第112話
とにかくこの野獣の群れから連れ出さないと。
俺は辺りを見回して、睨みつける。
ギラギラとした瞳を琥珀ちゃんに向けていた野獣達は『ヒィ』と声を漏らす。
ホントに油断も好きもないね?
こんな調子で、4月に琥珀ちゃんが入学して来たら、どうなるんだよ。
俺の頭に過ぎる嫌な予感。
ここで、彼女を守れるのは俺だけしかいないし。
今から、色んな策を練っておかないといけないな。
はぁ・・・と小さく息を漏らしてから、琥珀ちゃんに視線を向ける。
「さぁ、行こうか?」
ニコッと笑って琥珀ちゃんに手を差し出せば、周りの女の子達から『キャー』と歓声が上がる。
マジで疲れる。
だから、女の子は苦手だ。
香水臭い子達は、集団になると手に負えなくなる。
知らず知らずのうちに眉間にシワが寄る。
「大丈夫?総司君。」
心配そうに俺を見上げる琥珀ちゃん。
彼女は昔から人の気持ちに敏感なんだ。
出会った頃より大人びて見えるも、琥珀ちゃんはやっぱり人形みたいに可愛くて、思わず抱きしめたい衝動に駆られる。

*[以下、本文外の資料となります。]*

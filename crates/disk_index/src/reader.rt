// A part with the store and the cache that it is read by.
ghost use Rattle.std.specs.Prelude.{◌≡◌};

use crate::{BlockCache, Part};
use ri_base::{Docno, FieldSpan, Positions, Postings, SegFault, Term};
use std::alloc::Global;
use store_ends::Store;

/// A part, and the store and the cache that it is read by, all lent.
#[derive(Drop)]
pub struct PartReader<'a, T: Store> {
    pub part: &'a Part,
    pub store: &'a mut T,
    pub cache: &'a mut BlockCache,
}

impl<'a, T: Store> PartReader<'a, T> {
    /// Takes no memory.
    pub fn new(part: &'a Part, store: &'a mut T, cache: &'a mut BlockCache) -> PartReader<'a, T>
        ensures part { result.part.now ≡ part.now }
        ensures store { result.store.now ≡ store.entry.now }
        ensures same_store { result.store.ghost_name ≡ store.entry.ghost_name }
        ensures cache { result.cache.now ≡ cache.entry.now }
        ensures same_cache { result.cache.ghost_name ≡ cache.entry.ghost_name }
    {
        PartReader { part, store, cache }
    }
}

impl<'a, T: Store> Postings for PartReader<'a, T> {
    ghost use Rattle.std.specs.Prelude.{◌≡◌};
    ghost use Rattle.disk_index.specs.Cache.{IsCacheBacked};
    ghost use Rattle.disk_index.specs.Parts.{IsPartBacked, IsPartIntact, IsQuietReader, IsReadableOf, reads, source_of};

    ghost documents = { λ s. reads (T.files s.store.now) (source_of s.part.now) };

    ghost faults = { λ s. T.faults s.store.now };

    ghost sound = { λ s. IsPartBacked (T.files s.store.now) (source_of s.part.now) × IsCacheBacked (T.files s.store.now) s.cache.now };

    ghost intact = { λ s. IsPartIntact (T.files s.store.now) (source_of s.part.now) × IsCacheBacked (T.files s.store.now) s.cache.now };

    ghost quiet = { λ r s. IsQuietReader T.files T.layers T.clock T.since T.longest T.held T.faults (source_of r.part.now) (source_of s.part.now) r.store.ghost_name s.store.ghost_name r.cache.ghost_name s.cache.ghost_name r.store.now s.store.now r.cache.now s.cache.now };

    ghost told = { λ s term id. IsReadableOf (T.files s.store.now) s.cache.now (source_of s.part.now) term id };

    ghost damage = { λ s. s.cache.now.damage };

    fn docs(&self) -> u32 {
        self.part.docs()
    }

    fn docno(&self, id: u32) -> &Docno {
        self.part.docno(id)
    }

    fn length(&self, id: u32) -> u32 {
        self.part.length(id)
    }

    fn spans(&self, id: u32) -> &[FieldSpan] {
        self.part.spans(id)
    }

    fn positions(&mut self, alloc: Global, term: &Term, id: u32) -> Result<Positions, SegFault> {
        self.part.positions(alloc, self.store, self.cache, term, id)
    }

    ghost use Rattle.disk_index.specs.QuietLaws.{intact-backed, IsQuietReader-readable, IsQuietReader-same, IsQuietReader-then};

    ghost intact_sound = { λ s here. intact-backed (T.files s.store.now) (source_of s.part.now) s.cache.now here };

    ghost quiet_same = { λ s. IsQuietReader-same _ _ _ _ _ _ _ _ _ _ _ _ };

    ghost quiet_then = { λ r s t first second. IsQuietReader-then _ _ _ _ _ _ _ _ _ _ _ _ _ _ _ _ _ _ _ _ _ _ first second };

    ghost told_before = { λ r s term id quiet now. IsQuietReader-readable _ _ _ _ _ _ _ _ _ _ _ _ _ _ _ _ _ _ _ quiet now };
}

俺が琥珀ちゃんに抱くのは、恋愛の好きとかそう言うんじゃなくて、なんて言うかな?
家族愛的な?
そりゃ初めの頃は恋愛感情が無かったと言えば嘘になるけどね?
六織の傍で微笑む彼女を見てるうちに、抱く気持ちが変化した。
琥珀ちゃんは六織の隣が一番似合ってるんだ。
その気持ちは、2人が離れてしまった今も同じだ。
俺には確信がある。
いつかきっと2人は再び出会うと・・・・。
「ありがと。大丈夫だよ。行こうか?」
安心させる様に琥珀ちゃんの手を掴む。
「うん、間に合わなくなっちゃうしね?」
俺の手を握り返して、意味深に笑う琥珀ちゃん。
無自覚な小悪魔が顔を出した気がした。